Male Sprague Dawley rats (n = 24, six per group) weighing 150–180 g were obtained from the Fourth Military Medical University laboratory animal center (Xi'an, China). UUO was performed using an established procedure, as described previously. Rats were killed at various time points as indicated after surgery, and kidneys were removed. The samples were stored in −80°C until analysis.

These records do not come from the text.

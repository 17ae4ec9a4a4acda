ghost use Rattle.std.specs.Prelude.{◌≡◌, ◌+◌, ◌*◌, ◌<◌, ◌≤◌, ◌≢◌, ◌++◌, [], ◌∷◌, codes, length, map, take, IfSome, Some};
ghost use Rattle.std.specs.List.{join_with_byte};
ghost use Rattle.bmp_specs.specs.AddressText.{address_text, text_in};
ghost use Rattle.bmp_specs.specs.Lines.{further};
ghost use Rattle.bmp_specs.specs.PrefixText.{prefix_text};
ghost use Rattle.bmp_specs.specs.NumberText.{number_text};
ghost use Rattle.bmp_specs.specs.RouteLine.{comma, text_or_absent, hop_text, origin_text, yes_or_no, path_text, aggregator_text, comma_list, community_text, others_text, segment_pieces, attribute_fields, id_fields};
ghost use Rattle.reply_text.specs.Fronts.{front_text};
ghost use Rattle.reply_text.specs.Pieces.{behind, spaced};

// The pieces of a route's line in an array, each a field of the line in its order. What is longer than its room here goes
// the way of `route`.

use crate::hop::v6_text;
use crate::pen::{ROOM, byte, number, octet, word};
use crate::values::yes_or_no;
use as_path::{AsPath, Segment};
use bmp_frames::{PeerKey, ViewText};
use bmp_specs::{Family, SegmentKind, View};
use ip_prefix::{Addr, Nlri, Prefix};
use path_attrs::{Aggregator, Attrs, Other};
use rib_model::RowKey;
use wire_io::ByteList;

// Puts the first four bytes as an IPv4 address.
#[inline(always)]
pub(crate) fn dots(line: &mut [u8; ROOM], at: usize, octets: &[u8]) -> usize
    requires room { at + 15 ≤ 1024 }
    requires four { 4 ≤ length octets.now }
    ensures whole { take result line.new ≡ take at line.old ++ text_in Family.V4 octets.now }
    ensures short { result ≤ at + 15 }
{
    let a = octet(line, at, octets[0]);
    let a = byte(line, a, b'.');
    let b = octet(line, a, octets[1]);
    let b = byte(line, b, b'.');
    let c = octet(line, b, octets[2]);
    let c = byte(line, c, b'.');
    octet(line, c, octets[3])
}

// Puts an address.
#[inline(always)]
pub(crate) fn address(line: &mut [u8; ROOM], at: usize, addr: &Addr) -> usize
    requires { at + 42 ≤ 1024 }
    ensures whole { take result line.new ≡ take at line.old ++ address_text addr.now }
    ensures short { result ≤ at + 42 }
{
    match addr.family() {
        Family::V4 => dots(line, at, &addr.octets()),
        Family::V6 => word(line, at, addr.text().as_slice()),
    }
}

// Puts the field of ORIGIN.
#[inline(always)]
pub(crate) fn origin(line: &mut [u8; ROOM], at: usize, origin: Option<u8>) -> usize
    requires { at + 18 ≤ 1024 }
    ensures whole { take result line.new ≡ take at line.old ++ (codes " origin=" ++ text_or_absent origin_text origin) }
    ensures short { result ≤ at + 18 }
{
    match origin {
        None => word(line, at, b" origin=-"),
        Some(0) => word(line, at, b" origin=igp"),
        Some(1) => word(line, at, b" origin=egp"),
        Some(2) => word(line, at, b" origin=incomplete"),
        Some(code) => {
            let next = word(line, at, b" origin=");
            octet(line, next, code)
        }
    }
}

// Puts a number that may be absent.
#[inline(always)]
fn or_absent(line: &mut [u8; ROOM], at: usize, value: Option<u32>) -> usize
    requires { at + 10 ≤ 1024 }
    ensures whole { take result line.new ≡ take at line.old ++ text_or_absent number_text value }
    ensures short { result ≤ at + 10 }
{
    match value {
        None => byte(line, at, b'-'),
        Some(value) => number(line, at, value),
    }
}

// Puts the fields of MULTI_EXIT_DISC, LOCAL_PREF and ATOMIC_AGGREGATE.
#[inline(always)]
pub(crate) fn metrics(
    line: &mut [u8; ROOM],
    at: usize,
    med: Option<u32>,
    pref: Option<u32>,
    atomic: bool,
) -> usize
    requires { at + 42 ≤ 1024 }
    ensures whole { take result line.new ≡ take at line.old ++ (codes " med=" ++ (text_or_absent number_text med
        ++ (codes " pref=" ++ (text_or_absent number_text pref ++ (codes " atomic=" ++ yes_or_no atomic))))) }
    ensures short { result ≤ at + 42 }
{
    let next = word(line, at, b" med=");
    let next = or_absent(line, next, med);
    let next = word(line, next, b" pref=");
    let next = or_absent(line, next, pref);
    let next = word(line, next, b" atomic=");
    word(line, next, yes_or_no(atomic))
}

// Puts the field of AGGREGATOR.
#[inline(always)]
pub(crate) fn aggregator(line: &mut [u8; ROOM], at: usize, aggregator: &Option<Aggregator>) -> usize
    requires { at + 31 ≤ 1024 }
    ensures whole { take result line.new ≡ take at line.old ++ (codes " agg=" ++ text_or_absent aggregator_text aggregator.now) }
    ensures short { result ≤ at + 31 }
{
    match aggregator {
        None => word(line, at, b" agg=-"),
        Some(aggregator) => {
            let next = word(line, at, b" agg=");
            let next = number(line, next, aggregator.asn);
            let next = byte(line, next, b':');
            dots(line, next, &aggregator.identifier)
        }
    }
}

// Puts numbers, each after the mark.
#[inline(always)]
fn put_behind(line: &mut [u8; ROOM], at: usize, mark: u8, numbers: &[u32]) -> usize
    requires { at + 11 * length numbers.now ≤ 1024 }
    ensures whole { take result line.new ≡ take at line.old ++ behind mark (map number_text numbers.now) }
    ensures short { result ≤ at + 11 * length numbers.now }
{
    let mut end = at;
    for value in numbers {
        let next = byte(line, end, mark);
        end = number(line, next, *value);
    }
    end
}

All animal handling conformed to the guidelines for care and use of experimental animals established by the Ethical Committee of Animal Experiments.

Kidney biopsies

Renal biopsy samples from patients diagnosed with CKD at Xijing Hospital from January 2010 to June 2011 were reviewed and selected for further study. Formalin-fixed and paraffin-embedded samples of IgAN (n = 43) and DN (n = 18) were identified in the Pathology Department of Xijing Hospital. Eight samples obtained from living donor biopsies were used as controls. The percentage of tubulointerstitial fibrosis was obtained from the standard pathology report (Sun ). The study was approved by the Hospital's Protection of Human Subjects Committee, and informed consent was obtained from all patients.

Statistical analysis

Each experiment was repeated at least three times. Bands from Western blots were quantified with Quantity One software (Bio-Rad). Relative protein and mRNA levels were calculated in comparison to internal β-actin standards. Numerical data are presented as mean ± SD. The difference between means was analyzed with analysis of variance. The relationship between the scored HIF-1α or Twist expression and Bmi1 expression was assessed by a linear regression correlation test. Differences were considered significant when p < 0.05. All statistical analyses were done with SPSS12.0 software (SPSS, Chicago, IL).